Top of Provided records

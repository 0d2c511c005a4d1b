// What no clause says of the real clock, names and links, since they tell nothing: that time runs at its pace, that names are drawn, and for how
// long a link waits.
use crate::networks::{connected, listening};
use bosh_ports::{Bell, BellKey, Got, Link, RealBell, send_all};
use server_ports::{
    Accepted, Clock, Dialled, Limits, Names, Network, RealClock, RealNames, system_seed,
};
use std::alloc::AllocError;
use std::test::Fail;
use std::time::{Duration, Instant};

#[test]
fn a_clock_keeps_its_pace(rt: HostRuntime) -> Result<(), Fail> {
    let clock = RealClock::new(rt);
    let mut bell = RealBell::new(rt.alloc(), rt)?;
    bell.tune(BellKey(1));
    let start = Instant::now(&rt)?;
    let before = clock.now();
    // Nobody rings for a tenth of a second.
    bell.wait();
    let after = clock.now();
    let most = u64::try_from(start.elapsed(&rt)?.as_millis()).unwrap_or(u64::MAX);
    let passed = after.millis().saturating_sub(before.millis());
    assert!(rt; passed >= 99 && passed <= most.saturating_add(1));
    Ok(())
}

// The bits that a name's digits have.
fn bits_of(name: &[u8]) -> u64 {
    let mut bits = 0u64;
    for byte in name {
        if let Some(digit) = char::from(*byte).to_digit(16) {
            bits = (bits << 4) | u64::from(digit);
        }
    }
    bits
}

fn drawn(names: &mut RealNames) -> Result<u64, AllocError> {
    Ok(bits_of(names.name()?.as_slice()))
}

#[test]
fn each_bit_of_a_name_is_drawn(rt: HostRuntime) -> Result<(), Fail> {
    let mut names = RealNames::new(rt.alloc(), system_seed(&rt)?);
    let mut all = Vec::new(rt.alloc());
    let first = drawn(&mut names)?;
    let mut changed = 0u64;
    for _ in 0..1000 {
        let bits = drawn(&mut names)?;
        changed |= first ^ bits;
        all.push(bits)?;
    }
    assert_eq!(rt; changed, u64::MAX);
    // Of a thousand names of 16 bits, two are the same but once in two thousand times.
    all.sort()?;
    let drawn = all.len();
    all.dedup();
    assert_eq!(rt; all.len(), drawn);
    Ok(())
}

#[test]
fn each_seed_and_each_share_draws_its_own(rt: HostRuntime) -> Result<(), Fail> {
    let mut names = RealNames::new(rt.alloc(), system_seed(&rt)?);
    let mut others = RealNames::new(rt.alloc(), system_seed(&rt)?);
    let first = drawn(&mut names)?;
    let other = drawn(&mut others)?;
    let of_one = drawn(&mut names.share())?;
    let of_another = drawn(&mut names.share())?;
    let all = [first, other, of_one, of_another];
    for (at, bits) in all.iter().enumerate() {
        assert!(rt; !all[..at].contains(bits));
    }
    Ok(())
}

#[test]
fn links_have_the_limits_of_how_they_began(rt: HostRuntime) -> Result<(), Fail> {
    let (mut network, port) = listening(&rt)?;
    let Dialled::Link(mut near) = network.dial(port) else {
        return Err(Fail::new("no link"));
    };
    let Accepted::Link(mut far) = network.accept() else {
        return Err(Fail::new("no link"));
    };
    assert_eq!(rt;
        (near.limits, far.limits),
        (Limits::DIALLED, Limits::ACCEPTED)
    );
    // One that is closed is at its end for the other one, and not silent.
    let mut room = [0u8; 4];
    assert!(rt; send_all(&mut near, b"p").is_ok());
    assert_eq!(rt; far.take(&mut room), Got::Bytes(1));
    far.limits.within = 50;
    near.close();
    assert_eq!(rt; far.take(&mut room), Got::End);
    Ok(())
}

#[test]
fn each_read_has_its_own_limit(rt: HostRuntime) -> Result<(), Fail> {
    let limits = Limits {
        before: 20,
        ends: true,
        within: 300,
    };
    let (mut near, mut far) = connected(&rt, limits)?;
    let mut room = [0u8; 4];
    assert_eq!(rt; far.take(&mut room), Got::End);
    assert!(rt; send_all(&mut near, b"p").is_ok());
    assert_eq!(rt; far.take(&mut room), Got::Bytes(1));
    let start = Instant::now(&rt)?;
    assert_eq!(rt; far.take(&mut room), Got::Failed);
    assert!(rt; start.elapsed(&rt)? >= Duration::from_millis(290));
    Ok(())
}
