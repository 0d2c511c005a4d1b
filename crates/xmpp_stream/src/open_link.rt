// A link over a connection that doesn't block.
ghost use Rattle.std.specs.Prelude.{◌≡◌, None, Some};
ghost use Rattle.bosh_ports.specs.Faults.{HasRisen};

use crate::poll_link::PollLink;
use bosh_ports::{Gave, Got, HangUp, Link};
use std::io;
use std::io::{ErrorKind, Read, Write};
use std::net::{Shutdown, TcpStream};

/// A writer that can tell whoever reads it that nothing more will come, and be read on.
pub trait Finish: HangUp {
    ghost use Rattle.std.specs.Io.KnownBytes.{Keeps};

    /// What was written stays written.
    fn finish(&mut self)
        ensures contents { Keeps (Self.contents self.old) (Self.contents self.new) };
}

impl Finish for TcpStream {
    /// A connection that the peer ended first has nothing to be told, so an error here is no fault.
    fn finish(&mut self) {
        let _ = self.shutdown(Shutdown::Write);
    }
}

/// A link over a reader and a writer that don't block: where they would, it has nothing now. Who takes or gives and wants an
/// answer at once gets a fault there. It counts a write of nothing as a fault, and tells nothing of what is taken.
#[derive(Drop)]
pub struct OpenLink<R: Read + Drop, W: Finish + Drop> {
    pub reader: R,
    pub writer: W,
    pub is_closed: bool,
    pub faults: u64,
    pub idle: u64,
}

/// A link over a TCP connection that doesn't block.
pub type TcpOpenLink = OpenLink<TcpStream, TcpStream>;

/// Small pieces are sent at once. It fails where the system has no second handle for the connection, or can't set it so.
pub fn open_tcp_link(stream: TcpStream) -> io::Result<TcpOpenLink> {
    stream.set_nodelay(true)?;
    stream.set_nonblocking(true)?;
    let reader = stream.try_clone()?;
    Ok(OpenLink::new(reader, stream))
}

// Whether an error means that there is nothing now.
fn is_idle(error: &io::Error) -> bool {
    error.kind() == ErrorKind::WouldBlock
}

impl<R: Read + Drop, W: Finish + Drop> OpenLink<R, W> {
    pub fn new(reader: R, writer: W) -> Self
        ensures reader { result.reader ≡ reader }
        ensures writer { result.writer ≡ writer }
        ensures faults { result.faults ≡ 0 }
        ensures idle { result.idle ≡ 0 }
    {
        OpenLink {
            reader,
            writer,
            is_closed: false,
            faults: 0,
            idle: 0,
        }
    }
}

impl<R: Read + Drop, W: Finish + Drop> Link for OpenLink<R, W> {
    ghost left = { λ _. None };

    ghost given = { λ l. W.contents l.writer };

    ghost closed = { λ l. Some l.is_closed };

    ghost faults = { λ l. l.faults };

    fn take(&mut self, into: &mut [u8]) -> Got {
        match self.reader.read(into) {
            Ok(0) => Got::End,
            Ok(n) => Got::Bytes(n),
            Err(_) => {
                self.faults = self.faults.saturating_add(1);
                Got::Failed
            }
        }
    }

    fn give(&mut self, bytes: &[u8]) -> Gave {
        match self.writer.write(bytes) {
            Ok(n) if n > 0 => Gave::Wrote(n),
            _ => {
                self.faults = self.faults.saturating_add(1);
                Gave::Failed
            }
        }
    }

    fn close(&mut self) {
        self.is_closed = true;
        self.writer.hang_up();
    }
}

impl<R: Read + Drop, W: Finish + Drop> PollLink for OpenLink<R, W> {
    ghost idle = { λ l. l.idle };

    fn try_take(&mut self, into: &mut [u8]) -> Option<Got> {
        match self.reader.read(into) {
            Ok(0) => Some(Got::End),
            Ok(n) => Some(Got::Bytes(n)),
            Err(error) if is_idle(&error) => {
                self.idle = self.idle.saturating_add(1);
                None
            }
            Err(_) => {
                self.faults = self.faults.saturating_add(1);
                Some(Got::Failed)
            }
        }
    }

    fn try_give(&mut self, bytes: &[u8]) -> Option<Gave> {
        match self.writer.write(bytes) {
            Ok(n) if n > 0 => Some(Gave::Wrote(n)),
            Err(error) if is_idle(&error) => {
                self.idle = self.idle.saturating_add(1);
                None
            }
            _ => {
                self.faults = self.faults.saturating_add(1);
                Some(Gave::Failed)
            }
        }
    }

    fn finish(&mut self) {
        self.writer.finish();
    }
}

Bottom of Provided records

> [Problem details] Send back exactly the lines of the listing above starting at the one with "pub type TcpOpenLink" and ending at the one with "result.writer ≡ writer", inclusive, and no others.

> [The completed task]
pub type TcpOpenLink = OpenLink<TcpStream, TcpStream>;

/// Small pieces are sent at once. It fails where the system has no second handle for the connection, or can't set it so.
pub fn open_tcp_link(stream: TcpStream) -> io::Result<TcpOpenLink> {
    stream.set_nodelay(true)?;
    stream.set_nonblocking(true)?;
    let reader = stream.try_clone()?;
    Ok(OpenLink::new(reader, stream))
}

// Whether an error means that there is nothing now.
fn is_idle(error: &io::Error) -> bool {
    error.kind() == ErrorKind::WouldBlock
}

impl<R: Read + Drop, W: Finish + Drop> OpenLink<R, W> {
    pub fn new(reader: R, writer: W) -> Self
        ensures reader { result.reader ≡ reader }
        ensures writer { result.writer ≡ writer }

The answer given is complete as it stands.